The yacht above belongs to the billionaire Les Wexner, founder of the clothing chain The Limited, whose holdings would eventually expand to include Victoria's Secret, Abercrombie & Fitch, and Bath & Body Works. But Wexner is now most notorious as the man who in the 1980s developed a very close personal relationship with Jeffrey Epstein, becoming the "main client" of the money management firm of the college drop out, and staking him with the means that would allow the latter to forge ties with American presidents, British royals, and other prominent international power brokers in the construction of what was Epstein's real business: sex trafficking.

What Epstein was selling to men rich enough to buy whatever they wanted with impunity, was indeed the idea of life without any limits, a life lived well beyond the reach of national or international law. 

It also seemed to me at the time I took this image to be one of the primary strains of American thought: this fantasy--decidedly infantile in nature--of a world without any kind of constraints, or restraint.
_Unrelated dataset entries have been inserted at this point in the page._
// What no clause of `process_journal` says: each damage and each cut of a file, the bytes of a whole journal, and that each call
// which wants memory succeeds where there is enough.
ghost use Rattle.std.specs.Prelude.{◌≡◌, ◌<◌};

use crate::damages::{CUTS, DAMAGES};
use commute_table::read_catalog;
use process_disk::{MemoryRack, Rack};
use process_flow::Failed;
use process_journal::{Body, Journal, JournalError, Record};
use process_tree::Entry;
use schedule_model::Event;
use std::alloc::Global;
use std::process::Abort;

// File 0 after the run of one process of one step.
const FILE: [u8; 76] = *b"tpsl\x02\x00\x00\x00\
\x01\x0b\x00\x00\x01\x01\x00\x03add\x00\x00\x00\
\x01\x1f\x00\x01\x01\x00\x00\x00process a c x add 1 5 end\n\
\x01\x08\x00\x02\x01\x00\x00\x00\x00\x00\x00\
\x01\x05\x00\x03\x01\x00\x00\x00\x00";

/// What was to be had: memory is never wanting here, and no call fails.
pub fn must<T: Drop, E: Drop>(rt: &impl Abort, found: Result<T, E>) -> T {
    match found {
        Ok(value) => value,
        Err(_) => panic!(rt; "no memory, or a failed call"),
    }
}

// How many events the history of file 0 has, or why there is none.
fn events(rt: &impl Abort, alloc: Global, bytes: &[u8]) -> Result<usize, JournalError> {
    let mut rack = must(rt, MemoryRack::new(alloc, Vec::new(alloc)));
    must(rt, rack.write_at(0, 0, bytes));
    match Journal::open(alloc, &mut rack) {
        Ok((_, _, history)) => Ok(history.events.as_slice().len()),
        Err(error) => Err(error),
    }
}

// That file, of which no proof knows the bytes.
fn whole_file(rt: &impl Abort, alloc: Global) -> Vec<u8> {
    must(rt, FILE.to_vec(alloc))
}

// What is answered with this byte at a place.
fn expect_damage<H: Abort>(
    rt: &H,
    alloc: Global,
    place: usize,
    byte: u8,
    want: Result<usize, JournalError>,
) {
    let mut file = whole_file(rt, alloc);
    assert!(rt; place < file.len());
    if byte != file[place] {
        file[place] = byte;
        assert_eq!(rt; events(rt, alloc, &file), want, "{byte} at {place}");
    }
}

#[test]
fn each_damage_has_its_answer(rt: HostRuntime) {
    let alloc = rt.alloc();
    assert_eq!(rt; events(&rt, alloc, &FILE), Ok(3));
    let mut covered = 0;
    for (from, to, first, middle, last, want) in DAMAGES {
        assert!(rt; from <= covered);
        covered = to;
        for place in from..to {
            for byte in [first, middle, last] {
                expect_damage(&rt, alloc, place, byte, want);
            }
        }
    }
    assert_eq!(rt; covered, FILE.len());
}

#[test]
fn a_journal_of_a_catalog_of_version_2_is_opened(rt: HostRuntime) {
    let alloc = rt.alloc();
    let mut file = whole_file(&rt, alloc);
    assert!(rt; file.len() == FILE.len());
    file[12] = 2;
    file[21] = 2;
    assert_eq!(rt; events(&rt, alloc, &file), Ok(3));
}

#[test]
fn each_cut_has_its_answer(rt: HostRuntime) {
    let alloc = rt.alloc();
    for (from, to, want) in CUTS {
        for size in from..to {
            assert!(rt; size <= FILE.len());
            assert_eq!(rt; events(&rt, alloc, &FILE[..size]), want, "cut after {size}");
        }
    }
}

// A rack in memory of which nothing is told, so that no call asks what its files hold. Its count of faults stands at the last
// value.
#[derive(Drop)]
struct Untold {
    rack: MemoryRack,
}

impl Rack for Untold {
    ghost use Rattle.std.specs.Prelude.{false, []};
    ghost use Rattle.std.proofs.Common.{rules};

    ghost disk = { λ r. record { tells = false; files = []; may_leave = λ c. ⊥; moment = 0; left_since = λ t c. ⊥ } };

    ghost faults = { λ r. 18446744073709551615 };

    ghost honest = { λ r told. Prim.search rules };

    fn len(&mut self, file: u8) -> Result<u64, Failed> {
        self.rack.len(file)
    }

    fn read(&mut self, file: u8, at: u64, buf: &mut [u8]) -> Result<usize, Failed> {
        self.rack.read(file, at, buf)
    }

    fn write_at(&mut self, file: u8, at: u64, bytes: &[u8]) -> Result<(), Failed> {
        if at > self.rack.len(file)? {
            return Err(Failed);
        }
        self.rack.write_at(file, at, bytes)
    }

    fn sync(&mut self) -> Result<(), Failed> {
        self.rack.sync()
    }
}

const STEP: Entry = Entry {
    process: 1,
    step: 0,
    op: 0,
    key: 1,
    undo: false,
};

// The journal of no record yet.
fn new_journal<H: Abort>(rt: &H, alloc: Global, rack: &mut Untold) -> Journal
    ensures { result.count ≡ 1 }
{
    let Ok(catalog) = read_catalog(alloc, &FILE[12..22]) else {
        panic!(rt; "no catalog");
    };
    let Ok(journal) = Journal::create(alloc, rack, &catalog) else {
        panic!(rt; "no journal");
    };
    journal
}

// Appends the records of that run.
fn append_run<H: Abort>(rt: &H, alloc: Global, rack: &mut Untold, journal: &mut Journal)
    requires { journal.old.count < 100 }
{
    let Ok(bytes) = FILE[30..56].to_vec(alloc) else {
        panic!(rt; "no memory");
    };
    let text = Body::new(bytes);
    let Ok(()) = journal.append(rack, &Record::Start(1, text)) else {
        panic!(rt; "no start");
    };
    let Ok(()) = journal.append(rack, &Record::Act(STEP)) else {
        panic!(rt; "no step");
    };
    let Ok(()) = journal.append(rack, &Record::End(1)) else {
        panic!(rt; "no end");
    };
}

// The bytes of file 0, which are fewer than 100.
fn bytes_in(rt: &impl Abort, alloc: Global, rack: &mut Untold) -> Vec<u8> {
    let mut bytes = must(rt, vec![in alloc; 0; 100]);
    let count = must(rt, rack.read(0, 0, &mut bytes));
    bytes.truncate(count);
    bytes
}

// File 0 is the journal of that run.
fn expect_run<H: Abort>(rt: &H, alloc: Global, rack: &mut Untold) {
    let Ok((journal, catalog, history)) = Journal::open(alloc, rack) else {
        panic!(rt; "not opened");
    };
    assert_eq!(rt; journal.count(), 4);
    assert_eq!(rt; catalog.ops.as_slice().len(), 1);
    assert_eq!(rt; history.plans.as_slice().len(), 1);
    let events = [Event::Start(1), Event::Act(STEP), Event::End(1)];
    assert_eq!(rt; history.events.as_slice(), events.as_slice());
}

#[test]
fn the_records_of_a_run_are_written_and_read(rt: HostRuntime) {
    let alloc = rt.alloc();
    let mut rack = Untold {
        rack: must(&rt, MemoryRack::new(alloc, Vec::new(alloc))),
    };
    let mut journal = new_journal(&rt, alloc, &mut rack);
    assert_eq!(rt; rack.len(0), Ok(23));
    append_run(&rt, alloc, &mut rack, &mut journal);
    assert_eq!(rt; rack.len(0), Ok(76));
    assert!(rt; bytes_in(&rt, alloc, &mut rack) == whole_file(&rt, alloc));
    expect_run(&rt, alloc, &mut rack)
}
You know the words and the associated myth: "liberty," "freedom," so vague as to be meaningless, and often used as justification for all kinds of abuses and violence. At the very least, with a kind of sociopathic selfishness.  
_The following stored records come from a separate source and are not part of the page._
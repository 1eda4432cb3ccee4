// What is said beside an answer.
ghost use Rattle.std.specs.Prelude.{◌≡◌, map, string_bytes, true, IfOk};
ghost use Rattle.std.specs.Option.{option_map};
ghost use Rattle.refusal_hints.specs.Remedies.{ending_hint};
ghost use Rattle.diagnostics.specs.Diagnostics.{first_is, form_of, takes_memory, warns, AreWarningsIn, AreWarningsOf, IsBeside, IsHintOf};

use command_input::{Bound, scenario_of};
use command_refusals::Refusal;
use refusal_hints::{InputForm, ending_hint, hint, placeless_hint};
use scenario_warnings::{shown, warnings};
use std::alloc::{AllocError, Global};

// Whether this is the first of the words.
fn first_is(words: &[String], word: &str) -> bool
    ensures { result ≡ first_is word.now (map string_bytes words.now) }
{
    match words {
        [first, ..] => first.as_str() == word,
        _ => false,
    }
}

// What the input of a call with these words is.
fn form_of(words: &[String]) -> InputForm
    ensures { result ≡ form_of (map string_bytes words.now) }
{
    if first_is(words, "check") || first_is(words, "expand") {
        InputForm::Processes
    } else {
        InputForm::Scenario
    }
}

// Whether a call with these words that ended at this status looks for warnings.
fn warns(words: &[String], status: u8) -> bool
    ensures { result ≡ warns (map string_bytes words.now) status }
{
    first_is(words, "init") && (status == 0 || status == 3)
}

// The hint of a refusal of this input, where it fits.
fn hint_of(
    alloc: Global,
    form: InputForm,
    input: Option<Vec<u8>>,
    refusal: &Refusal,
) -> Result<Vec<u8>, AllocError>
    ensures { IfOk result (λ text. IsHintOf form (option_map (λ i. i.items) input) refusal.now text.items) }
{
    match input {
        Some(input) => hint(alloc, form, &input, refusal),
        None => placeless_hint(alloc, refusal),
    }
}

// The bytes of what is said of a status.
fn ending(alloc: Global, status: u8) -> Result<Vec<u8>, AllocError>
    ensures { IfOk result (λ text. text.items ≡ ending_hint status) }
{
    let mut text = Vec::new(alloc);
    text.extend_from_slice(ending_hint(status).as_bytes())?;
    Ok(text)
}

// The warnings of a scenario, if it is one with processes that can be played; and else what is to be said of the status.
fn warnings_in(alloc: Global, status: u8, input: &[u8]) -> Result<Vec<u8>, AllocError>
    ensures { IfOk result (λ text. AreWarningsIn status input.now text.items) }
{
    match scenario_of(alloc, input) {
        Ok(Bound { catalog, plans }) => {
            let found = warnings(alloc, &catalog, &plans)?;
            shown(alloc, &catalog, &plans, &found)
        }
        Err(_) => ending(alloc, status),
    }
}

// The same of an input that may not fit.
fn warnings_of(alloc: Global, status: u8, input: Option<Vec<u8>>) -> Result<Vec<u8>, AllocError>
    ensures { IfOk result (λ text. AreWarningsOf status (option_map (λ i. i.items) input) text.items) }
{
    match input {
        Some(input) => warnings_in(alloc, status, &input),
        None => ending(alloc, status),
    }
}

/// Whether memory may be wanting for what there is to say.
pub(crate) fn takes_memory(words: &[String], status: u8, refused: &Option<Refusal>) -> bool
    ensures { result ≡ takes_memory (map string_bytes words.now) status refused.now }
{
    match refused {
        Some(_) => true,
        None => warns(words, status),
    }
}

/// What there is to say beside an answer, where memory may be wanting for it.
#[tactic(auto, using(crate::proofs::Beside::warned))]
pub(crate) fn beside(
    alloc: Global,
    words: &[String],
    status: u8,
    refused: Option<Refusal>,
    input: Option<Vec<u8>>,
) -> Result<Vec<u8>, AllocError>
    requires { takes_memory (map string_bytes words.now) status refused ≡ true }
    ensures { IfOk result
        (λ text. IsBeside (map string_bytes words.now) status refused (option_map (λ i. i.items) input) text.items) }
{
    match refused {
        Some(refusal) => hint_of(alloc, form_of(words), input, &refusal),
        None => warnings_of(alloc, status, input),
    }
}
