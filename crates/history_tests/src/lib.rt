//! Tests of histories and journals: what no clause of `journal_records`, `schedule_rules`, `history_judging` and `process_journal`
//! says.
//!
//! They stand apart from the crates that they test, since a crate with tests is proved twice.
#![tactic(auto)]

#[cfg(test)]
mod damages;
#[cfg(test)]
mod entries;
#[cfg(test)]
mod events;
#[cfg(test)]
mod journals;
#[cfg(test)]
mod legality;
#[cfg(test)]
mod records;
#[cfg(test)]
mod undoable_until_owed;
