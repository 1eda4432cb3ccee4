// Saying it.
ghost use Rattle.std.specs.Prelude.{◌≡◌, map, string_bytes, true};
ghost use Rattle.std.specs.Option.{option_map};
ghost use Rattle.command_input.specs.Outputs.{output};
ghost use Rattle.diagnostics.specs.Diagnostics.{takes_memory, IsSaidBeside};

use crate::said::{beside, takes_memory};
use command_input::tell;
use command_refusals::{Refusal, Status};
use process_flow::Sink;
use refusal_hints::{ending_hint, starved_hint};
use std::alloc::Global;

// Says what is found, or that memory was wanting for it.
fn tell_found<E: Sink>(
    alloc: Global,
    errors: &mut E,
    words: &[String],
    status: u8,
    refused: Option<Refusal>,
    input: Option<Vec<u8>>,
)
    requires { takes_memory (map string_bytes words.now) status refused ≡ true }
    ensures { IsSaidBeside (map string_bytes words.now) status refused (option_map (λ i. i.items) input)
        (output E.Sink errors.old) (output E.Sink errors.new) }
{
    match beside(alloc, words, status, refused, input) {
        Ok(text) => {
            let _at = tell(errors, &text, Status::Done);
        }
        Err(_) => {
            let _at = tell(errors, starved_hint().as_bytes(), Status::Done);
        }
    }
}

/// Says what there is to say beside an answer on these words, at this status, with this refusal or none, of this input where it
/// fits. Where memory is wanting for it, it says that. A sink that fails is let be.
#[tactic(auto, using(crate::proofs::Beside::ended))]
pub fn tell_beside<E: Sink>(
    alloc: Global,
    errors: &mut E,
    words: &[String],
    status: u8,
    refused: Option<Refusal>,
    input: Option<Vec<u8>>,
)
    ensures { IsSaidBeside (map string_bytes words.now) status refused (option_map (λ i. i.items) input)
        (output E.Sink errors.old) (output E.Sink errors.new) }
{
    if takes_memory(words, status, &refused) {
        tell_found(alloc, errors, words, status, refused, input);
    } else {
        let _at = tell(errors, ending_hint(status).as_bytes(), Status::Done);
    }
}
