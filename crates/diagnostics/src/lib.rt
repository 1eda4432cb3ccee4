//! What a call says to people, beside its answer: on standard error, where no program reads it.
//!
//! Beside a refusal stands its hint, which names the place in the input that was read, where it is known; beside the answer of an
//! `init` that made its files, or that holds something against its scenario, the warnings of it (`specs/Diagnostics`). The texts are those of `refusal_hints` and
//! `scenario_warnings`. What was answered, and at what status, is no work of this crate.
#![tactic(auto)]

mod said;
mod told;

pub use told::tell_beside;
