// What no clause of `schedule_rules` says: where memory is found, entries and steps are.
use crate::journals::must;
use process_tree::Entry;
use schedule_rules::{of_process, steps_of};

fn entry(process: u32, step: u16) -> Entry {
    Entry {
        process,
        step,
        op: 0,
        key: 0,
        undo: false,
    }
}

#[test]
fn the_entries_of_one_process_are_found_with_their_steps(rt: HostRuntime) {
    let alloc = rt.alloc();
    let entries = [entry(1, 0), entry(2, 3), entry(1, 7), entry(3, 1)];
    let own = must(&rt, of_process(alloc, &entries, 1));
    assert!(rt; own.as_slice() == [entry(1, 0), entry(1, 7)].as_slice());
    let steps = must(&rt, steps_of(alloc, &own));
    assert!(rt; steps.as_slice() == [0, 7].as_slice());
}

#[test]
fn a_process_that_did_nothing_has_no_entries(rt: HostRuntime) {
    let alloc = rt.alloc();
    let own = must(&rt, of_process(alloc, &[entry(1, 0)], 4));
    assert!(rt; own.is_empty());
    let steps = must(&rt, steps_of(alloc, &own));
    assert!(rt; steps.is_empty());
}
In the summer of 2015 the grotesque embodiment of this infantile, sociopathological strain in American thought was running for president. He was not an anomaly then, he is not one now. Nor are his followers, nor the party which he heads, which is now overtly fascist, with its threats of violence, its openly anti-democratic aspirations, its aim to destroy all sense and reason in public discourse, its substitution of histrionic self-pitying displays of grievance for any actual policy proposals or interest in governance, its aim of destroying the state with its admittedly imperfect checks and balances with a one-party rule of limitless power... 

Limitless corruption, limitless oppression, limitless exploitation: this is the promise of those who are euphemistically called "nationalists" or "populists" (though they are inevitably in the pocket of corporate interests and promoting a ruling party whose rules are essentially written by corporations). 

There's an irony in seeing nations such as England and the US once accused of the crimes of colonialism turning the brutal practices of colonialism upon their own citizens in their home countries: for example, one no longer needs to live in the Niger Delta to be subjected to a poisoned water supply, it's common throughout the US, and one need not live in a Native American reservation to be subjected to sub-par schools, medical access, and infrastructure.

The limitless, unbounded proliferation of cells in the body is known as cancer. In the body politic the fantasy of limitlessness is no less cancerous and no less deadly.